ghost use Rattle.std.specs.Prelude.{◌≡◌, ◌++◌, IfOk, OnOk, nat_le, sum_by};
ghost use Rattle.std.specs.Fmt.{decimal};
ghost use Rattle.std.specs.List.{count_by, find, flat_map, list_any};
ghost use Rattle.std.specs.Option.{option_map};
ghost use Rattle.cs_history.specs.Plan.{is_group};
ghost use Rattle.cs_report.specs.User.{is_behind_user};
ghost use Rattle.cs_report.specs.Warning.{begins_with_number, clocks_text, decides_nothing};
ghost use Rattle.cs_report.specs.Warning.{default_note, zone_note};
ghost use Rattle.cs_report.specs.Warning.{doubled_warning, guess_note, is_at_stake, is_contended};
ghost use Rattle.cs_report.specs.Warning.{is_unheeded, left_out_note, no_job_note, nothing_note};
ghost use Rattle.cs_report.specs.Warning.{nothing_text, number_warning, number_warning_of};
ghost use Rattle.cs_report.specs.Warning.{plan_notes, untimed_warning, user_warning_of, warning};
ghost use Rattle.cs_report.specs.Warning.{warnings, warnings_of};

use crate::user::first_behind_user;
use crate::words::is_number;
use cs_anacrontab::Anacrontab;
use cs_civil::{Bytes, push_number};
use cs_crontab::{Crontab, Line};
use cs_plan::{ClockNames, Job, Plan};
use cs_table::Setting;
use cs_table::text::word;
use std::alloc::{AllocError, Global};

/// Whether other daemons heed the setting, and it has no effect here.
pub fn is_unheeded(setting: &Setting) -> bool
    ensures { result ≡ is_unheeded setting.now }
{
    let name = setting.name();
    name == b"CRON_TZ".as_slice()
        || name == b"RANDOM_DELAY".as_slice()
        || name == b"START_HOURS_RANGE".as_slice()
}

fn push_warning(
    alloc: Global,
    text: &mut Vec<u8>,
    table: &[u8],
    setting: &Setting,
) -> Result<(), AllocError>
    ensures { OnOk result (text.new.items ≡ text.old.items ++ warning table.now setting.now) }
{
    text.extend_from_slice(b"warning: ")?;
    text.extend_from_slice(setting.name())?;
    text.extend_from_slice(b" on line ")?;
    push_number(alloc, text, u128::from(setting.number()))?;
    text.extend_from_slice(b" of the ")?;
    text.extend_from_slice(table)?;
    text.extend_from_slice(b" has no effect\n")
}

fn push_warnings(
    alloc: Global,
    text: &mut Vec<u8>,
    table: &[u8],
    settings: &[Setting],
) -> Result<(), AllocError>
    ensures { OnOk result (text.new.items ≡ text.old.items ++ warnings_of table.now settings.now) }
{
    for setting in settings {
        if is_unheeded(setting) {
            push_warning(alloc, text, table, setting)?;
        }
    }
    Ok(())
}

fn push_numbered(
    alloc: Global,
    text: &mut Vec<u8>,
    front: &[u8],
    number: u128,
    end: &[u8],
) -> Result<(), AllocError>
    ensures { OnOk result (text.new.items
        ≡ text.old.items ++ (front.now ++ (decimal number ++ end.now))) }
{
    text.extend_from_slice(front)?;
    push_number(alloc, text, number)?;
    text.extend_from_slice(end)
}

fn push_named(
    alloc: Global,
    text: &mut Vec<u8>,
    front: &[u8],
    number: u128,
    middle: &[u8],
    name: &[u8],
    end: &[u8],
) -> Result<(), AllocError>
    ensures { OnOk result (text.new.items ≡ text.old.items
        ++ (front.now ++ (decimal number ++ (middle.now ++ (name.now ++ end.now))))) }
{
    push_numbered(alloc, text, front, number, middle)?;
    text.extend_from_slice(name)?;
    text.extend_from_slice(end)
}

fn push_user_warning(alloc: Global, text: &mut Vec<u8>, lines: &[Line]) -> Result<(), AllocError>
    ensures { OnOk result (text.new.items
        ≡ text.old.items ++ user_warning_of (find (is_behind_user lines.now) lines.now)) }
{
    let Some(line) = first_behind_user(lines) else {
        return Ok(());
    };
    let (name, _) = word(line.command());
    push_named(
        alloc,
        text,
        b"warning: the command on line ",
        u128::from(line.number()),
        b" of the crontab begins with ",
        name,
        b", as in a table with a user column: see cronsafe gather\n",
    )
}

#[tactic(auto, unfolding(crate::specs::Reading::is_number))]
fn begins_with_number(line: &Line) -> bool
    ensures { result ≡ begins_with_number line.now }
{
    let (first, _) = word(line.command());
    is_number(first)
}

fn first_with_number(lines: &[Line]) -> Option<&Line>
    ensures { option_map (λ line. line.now) result ≡ find begins_with_number lines.now }
{
    lines.iter().find(|line| begins_with_number(line))
}

fn push_number_warning(alloc: Global, text: &mut Vec<u8>, line: &Line) -> Result<(), AllocError>
    ensures { OnOk result (text.new.items ≡ text.old.items ++ number_warning line.now) }
{
    let (first, _) = word(line.command());
    push_named(
        alloc,
        text,
        b"warning: the command on line ",
        u128::from(line.number()),
        b" of the crontab begins with ",
        first,
        b", as in an anacrontab: see --anacrontab\n",
    )
}

fn push_first_number_warning(
    alloc: Global,
    text: &mut Vec<u8>,
    lines: &[Line],
) -> Result<(), AllocError>
    ensures { OnOk result (text.new.items
        ≡ text.old.items ++ number_warning_of (find begins_with_number lines.now)) }
{
    match first_with_number(lines) {
        Some(line) => push_number_warning(alloc, text, line),
        None => Ok(()),
    }
}

/// The warnings of two tables, a line each: settings that other daemons heed and that have no
/// effect here, the first command that seems to follow a user, and the first that begins with a
/// number, as an anacrontab reads as a crontab if all its periods are `@` words. No text if there
/// is nothing to warn of.
pub fn warnings(
    alloc: Global,
    crontab: &Crontab,
    anacrontab: &Anacrontab,
) -> Result<Bytes, AllocError>
    ensures { IfOk result (λ text. text ≡ warnings crontab.now anacrontab.now) }
{
    let mut text = Vec::new(alloc);
    push_warnings(alloc, &mut text, b"crontab", crontab.settings())?;
    push_user_warning(alloc, &mut text, crontab.lines())?;
    push_first_number_warning(alloc, &mut text, crontab.lines())?;
    push_warnings(alloc, &mut text, b"anacrontab", anacrontab.settings())?;
    Ok(Bytes::from_vec(text))
}

#[tactic(auto, unfolding(crate::specs::Warning::left_out_note))]
fn push_left_out(alloc: Global, text: &mut Vec<u8>, number: u32) -> Result<(), AllocError>
    ensures { OnOk result (text.new.items ≡ text.old.items ++ left_out_note number) }
{
    push_numbered(
        alloc,
        text,
        b"note: line ",
        u128::from(number),
        b" is left out of the plan\n",
    )
}

fn push_all_left_out(alloc: Global, text: &mut Vec<u8>, numbers: &[u32]) -> Result<(), AllocError>
    ensures { OnOk result (text.new.items
        ≡ text.old.items ++ flat_map left_out_note numbers.now) }
{
    for number in numbers {
        push_left_out(alloc, text, *number)?;
    }
    Ok(())
}

fn push_no_job(text: &mut Vec<u8>, left_out: &[u32], jobs: usize) -> Result<(), AllocError>
    ensures { OnOk result (text.new.items ≡ text.old.items ++ no_job_note left_out.now jobs) }
{
    if left_out.is_empty() || jobs > 0 {
        return Ok(());
    }
    text.extend_from_slice(b"note: the plan has no job\n")
}

fn push_default(alloc: Global, text: &mut Vec<u8>, jobs: usize) -> Result<(), AllocError>
    ensures { OnOk result (text.new.items ≡ text.old.items ++ default_note jobs) }
{
    match jobs {
        0 => Ok(()),
        1 => text.extend_from_slice(b"note: 1 job without an entry has the default\n"),
        _ => push_numbered(
            alloc,
            text,
            b"note: ",
            jobs as u128,
            b" jobs without an entry have the default\n",
        ),
    }
}

fn push_guess(alloc: Global, text: &mut Vec<u8>, jobs: usize) -> Result<(), AllocError>
    ensures { OnOk result (text.new.items ≡ text.old.items ++ guess_note jobs) }
{
    match jobs {
        0 => Ok(()),
        1 => text.extend_from_slice(b"note: 1 longest time is a draft's guess\n"),
        _ => push_numbered(
            alloc,
            text,
            b"note: ",
            jobs as u128,
            b" longest times are a draft's guess\n",
        ),
    }
}

fn count_in(jobs: &[Job], group: u8) -> usize
    ensures { result ≡ count_by (λ job. is_group group job.group) jobs.now }
{
    jobs.iter().filter(|job| job.group() == Some(group)).count()
}

fn is_contended(plan: &Plan, group: Option<u8>) -> bool
    ensures { result ≡ is_contended plan.now group }
{
    match group {
        None => false,
        Some(number) => plan.is_exclusive(group) && count_in(plan.jobs(), number) > 1,
    }
}

fn are_at_stake(plan: &Plan) -> bool
    ensures { result ≡ list_any (is_at_stake plan.now) plan.now.jobs }
{
    plan.jobs().iter().any(|job| is_contended(plan, job.group()) || job.mode().is_skip())
}

fn fit_together(jobs: &[Job], capacity: u8) -> bool
    ensures { result ≡ nat_le (sum_by (λ job. job.weight) jobs.now) capacity }
{
    let mut left = capacity;
    for job in jobs {
        if job.weight() > left {
            return false;
        }
        left -= job.weight();
    }
    true
}

#[tactic(auto, unfolding(crate::specs::Warning::decides_nothing))]
fn decides_nothing(plan: &Plan) -> bool
    ensures { result ≡ decides_nothing plan.now }
{
    !are_at_stake(plan) && fit_together(plan.jobs(), plan.capacity())
}

fn push_both(text: &mut Vec<u8>, front: &[u8], end: &[u8]) -> Result<(), AllocError>
    ensures { OnOk result (text.new.items ≡ text.old.items ++ (front.now ++ end.now)) }
{
    text.extend_from_slice(front)?;
    text.extend_from_slice(end)
}

#[tactic(auto, unfolding(crate::specs::Warning::nothing_text))]
fn push_nothing(text: &mut Vec<u8>) -> Result<(), AllocError>
    ensures { OnOk result (text.new.items ≡ text.old.items ++ nothing_text) }
{
    push_both(
        text,
        b"note: no two jobs can conflict, unless one still runs when it starts again: no exclusive",
        b" group has two jobs, no job has mode skip, and all together fit into the capacity\n",
    )
}

fn push_nothing_note(text: &mut Vec<u8>, plan: &Plan) -> Result<(), AllocError>
    ensures { OnOk result (text.new.items ≡ text.old.items ++ nothing_note plan.now) }
{
    if decides_nothing(plan) {
        push_nothing(text)
    } else {
        Ok(())
    }
}

fn push_doubled(text: &mut Vec<u8>, doubled: &Option<Bytes>) -> Result<(), AllocError>
    ensures { OnOk result (text.new.items ≡ text.old.items ++ doubled_warning doubled.now) }
{
    match doubled {
        None => Ok(()),
        Some(name) => {
            text.extend_from_slice(b"warning: an object of the declarations has ")?;
            text.extend_from_slice(name.as_slice())?;
            text.extend_from_slice(b" twice, and the last one counts\n")
        }
    }
}

fn push_untimed(alloc: Global, text: &mut Vec<u8>, untimed: Option<u32>) -> Result<(), AllocError>
    ensures { OnOk result (text.new.items ≡ text.old.items ++ untimed_warning untimed) }
{
    match untimed {
        None => Ok(()),
        Some(number) => push_numbered(
            alloc,
            text,
            b"warning: another line has the command of line ",
            u128::from(number),
            b": add \"when\" to its entry, as cronsafe draft does\n",
        ),
    }
}

fn push_two_names(
    text: &mut Vec<u8>,
    front: &[u8],
    name: &[u8],
    middle: &[u8],
    other: &[u8],
    end: &[u8],
) -> Result<(), AllocError>
    ensures { OnOk result (text.new.items ≡ text.old.items
        ++ (front.now ++ (name.now ++ (middle.now ++ (other.now ++ end.now))))) }
{
    push_both(text, front, name)?;
    text.extend_from_slice(middle)?;
    push_both(text, other, end)
}

fn push_clocks(text: &mut Vec<u8>, plan: &[u8], other: &[u8]) -> Result<(), AllocError>
    ensures { OnOk result (text.new.items ≡ text.old.items ++ clocks_text plan.now other.now) }
{
    push_two_names(
        text,
        b"note: times are by ",
        plan,
        b" all year; those in brackets are by ",
        other,
        b"\n",
    )
}

fn push_zone(text: &mut Vec<u8>, clocks: &Option<ClockNames>, saving: u8) -> Result<(), AllocError>
    ensures { OnOk result (text.new.items ≡ text.old.items ++ zone_note clocks.now saving) }
{
    match clocks {
        Some(names) if saving > 0 => push_clocks(
            text,
            names.plan.as_slice(),
            names.other.as_slice(),
        ),
        _ => Ok(()),
    }
}

/// The notes on a plan, a line each: what seems wrong in its declarations, which lines it leaves
/// out, how many jobs have the default or a draft's guess, that no two jobs can conflict, and by
/// which clock times are if its zone has summer time.
pub fn plan_notes(alloc: Global, plan: &Plan) -> Result<Bytes, AllocError>
    ensures { IfOk result (λ text. text ≡ plan_notes plan.now) }
{
    let mut text = Vec::new(alloc);
    push_doubled(&mut text, plan.doubled())?;
    push_untimed(alloc, &mut text, plan.untimed())?;
    push_all_left_out(alloc, &mut text, plan.left_out())?;
    push_no_job(&mut text, plan.left_out(), plan.jobs().len())?;
    push_default(alloc, &mut text, plan.defaulted())?;
    push_guess(alloc, &mut text, plan.guessed())?;
    push_nothing_note(&mut text, plan)?;
    push_zone(&mut text, plan.clocks(), plan.zone().saving())?;
    Ok(Bytes::from_vec(text))
}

========

§ **TRY IT**
If a line comes after the one containing "use crate::user::first_behind_user;", leave it out; set down every line of the data before it, and that line itself, exactly.

§ **SOLUTION**
ghost use Rattle.std.specs.Prelude.{◌≡◌, ◌++◌, IfOk, OnOk, nat_le, sum_by};
ghost use Rattle.std.specs.Fmt.{decimal};
ghost use Rattle.std.specs.List.{count_by, find, flat_map, list_any};
ghost use Rattle.std.specs.Option.{option_map};
ghost use Rattle.cs_history.specs.Plan.{is_group};
ghost use Rattle.cs_report.specs.User.{is_behind_user};
ghost use Rattle.cs_report.specs.Warning.{begins_with_number, clocks_text, decides_nothing};
ghost use Rattle.cs_report.specs.Warning.{default_note, zone_note};
ghost use Rattle.cs_report.specs.Warning.{doubled_warning, guess_note, is_at_stake, is_contended};
ghost use Rattle.cs_report.specs.Warning.{is_unheeded, left_out_note, no_job_note, nothing_note};
ghost use Rattle.cs_report.specs.Warning.{nothing_text, number_warning, number_warning_of};
ghost use Rattle.cs_report.specs.Warning.{plan_notes, untimed_warning, user_warning_of, warning};
ghost use Rattle.cs_report.specs.Warning.{warnings, warnings_of};

use crate::user::first_behind_user;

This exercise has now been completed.